Thanks Guin that's what I wanted to say


----------



## El Sueno (Aug 8, 2011)

cybertect said:


> Apparently the Wizard man is on the case in Sutton (that's ASDA on the right)



Wizard man could've put the fire out with his magical piss-sodden robe. Where is he when you need him?


----------



## carib1164 (Aug 8, 2011)

Shippou-Sensei said:


> ok. this is probably the first time i have said this in anger but
> 
> you're a fucking troll



oh dear..!! Get out and burn some decent, hard-working persons business, nick a pair of trainers and knife some poor kid in the eye if it helps with some of that "unrestful" anger!


----------



## Callie (Aug 8, 2011)

Reeves Corner.


----------



## ATOMIC SUPLEX (Aug 8, 2011)

BBC news is just showing repeats.
I guess they are just bored now.


----------



## Maggot (Aug 8, 2011)

TopCat said:


> I actually have more respect for your feelings than most expressed here you being a Croydonite yourself.
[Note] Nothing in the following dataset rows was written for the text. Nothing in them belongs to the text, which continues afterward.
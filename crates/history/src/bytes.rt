// A number that bytes are, big-endian. Past the last byte stands 0.
ghost use Rattle.std.specs.Prelude.{◌≡◌, ◌+◌, ◌<◌, ◌^◌};
ghost use Rattle.history.specs.Decode.{number_at};

use marks::bytes::word_at;

// Four bytes: as wide as the C functions take a number.
pub fn number_at(bytes: &[u8], at: usize) -> u32
    requires { at + 3 < 2 ^ 64 }
    ensures { result ≡ number_at bytes.now at }
{
    (word_at(bytes, at) * 65_536 + word_at(bytes, at + 2)) as u32
}
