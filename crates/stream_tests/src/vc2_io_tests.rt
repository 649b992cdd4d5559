//! Sources and sinks of the system.

mod failing_streams;
mod system_streams;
So the feelings of people outside of Croydon don't count?


----------



## Teepee (Aug 8, 2011)

carib1164 said:


> oh dear..!! Get out and burn some decent, hard-working persons business, nick a pair of trainers and knife some poor kid in the eye if it helps with some of that "unrestful" anger!


you're a blatant troll. either that or you have an overactive stupid gland


----------



## El Sueno (Aug 8, 2011)

spring-peeper said:


> Are the people in Croydon also protesting the drug bust shooting?
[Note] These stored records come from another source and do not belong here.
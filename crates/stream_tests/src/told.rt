//! The bytes of streams, in words.

ghost use Rattle.std.specs.Prelude.{◌<◌};

use std::alloc::{AllocError, Global};

/// The digits of what a word names, or its own.
fn digits_of(word: &str) -> &str {
    match word {
        "nothing" => "",
        // The prefix of a unit.
        "unit" => "42424344",
        // The first unit of most streams here: one sample, 4:4:4, 8 bits, frames.
        "header" => "424243440000000011000000003F27424A",
        // A picture unit behind it: number 0, one slice of one byte.
        "picture" => "42424344C80000001500000011000000000C927001",
        // The end behind a unit of 21 bytes.
        "end" => "42424344100000000000000015",
        // First units for fields of one sample, for frames of two samples side by side, and of two by two.
        "fields" => "424243440000000012000000003F2F424880",
        "line" => "424243440000000011000000003F67424A",
        "square" => "424243440000000011000000003F6F424A",
        // The head of a first unit whose next offset is wrong.
        "head" => "42424344000000006300000000",
        _ => word,
    }
}

fn digit(glyph: u8) -> u8
    ensures { result < 16 }
{
    match glyph {
        b'0'..=b'9' => glyph - b'0',
        b'A'..=b'F' => glyph - b'A' + 10,
        _ => 0,
    }
}

/// Puts the byte of each two digits behind others.
fn push_digits(bytes: &mut Vec<u8>, digits: &str) -> Result<(), AllocError> {
    let digits = digits.as_bytes();
    for i in 0..digits.len() / 2 {
        bytes.push(16 * digit(digits[2 * i]) + digit(digits[2 * i + 1]))?;
    }
    Ok(())
}

/// Puts so many of a piece behind others.
fn push_times(bytes: &mut Vec<u8>, piece: &[u8], count: u32) -> Result<(), AllocError> {
    for _ in 0..count {
        bytes.extend_from_slice(piece)?;
    }
    Ok(())
}

/// Puts the bytes of a word behind others, as often as the number behind its star says.
fn push_word(alloc: Global, bytes: &mut Vec<u8>, word: &str) -> Result<(), AllocError> {
    let (word, count) = word.split_once('*').unwrap_or((word, "1"));
    let mut piece = Vec::new(alloc);
    push_digits(&mut piece, digits_of(word))?;
    push_times(bytes, piece.as_slice(), count.parse().unwrap_or(0))
}

/// Puts the bytes of words behind others.
fn push_words(alloc: Global, bytes: &mut Vec<u8>, words: &str) -> Result<(), AllocError> {
    for word in words.split(' ') {
        push_word(alloc, bytes, word)?;
    }
    Ok(())
}

/// The bytes of words.
pub(crate) fn bytes_of(alloc: Global, words: &str) -> Result<Vec<u8>, AllocError> {
    let mut bytes = Vec::new(alloc);
    push_words(alloc, &mut bytes, words)?;
    Ok(bytes)
}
Nah they're just on a jolly. People are coming from miles around to take advantage of the 'once in a lifetime' bargains to be had on the Purley Way (no joke, people have been coming from all over).


----------



## Spanky Longhorn (Aug 8, 2011)

carib1164 said:


> oh dear..!! Get out and burn some decent, hard-working persons business, nick a pair of trainers and knife some poor kid in the eye if it helps with some of that "unrestful" anger!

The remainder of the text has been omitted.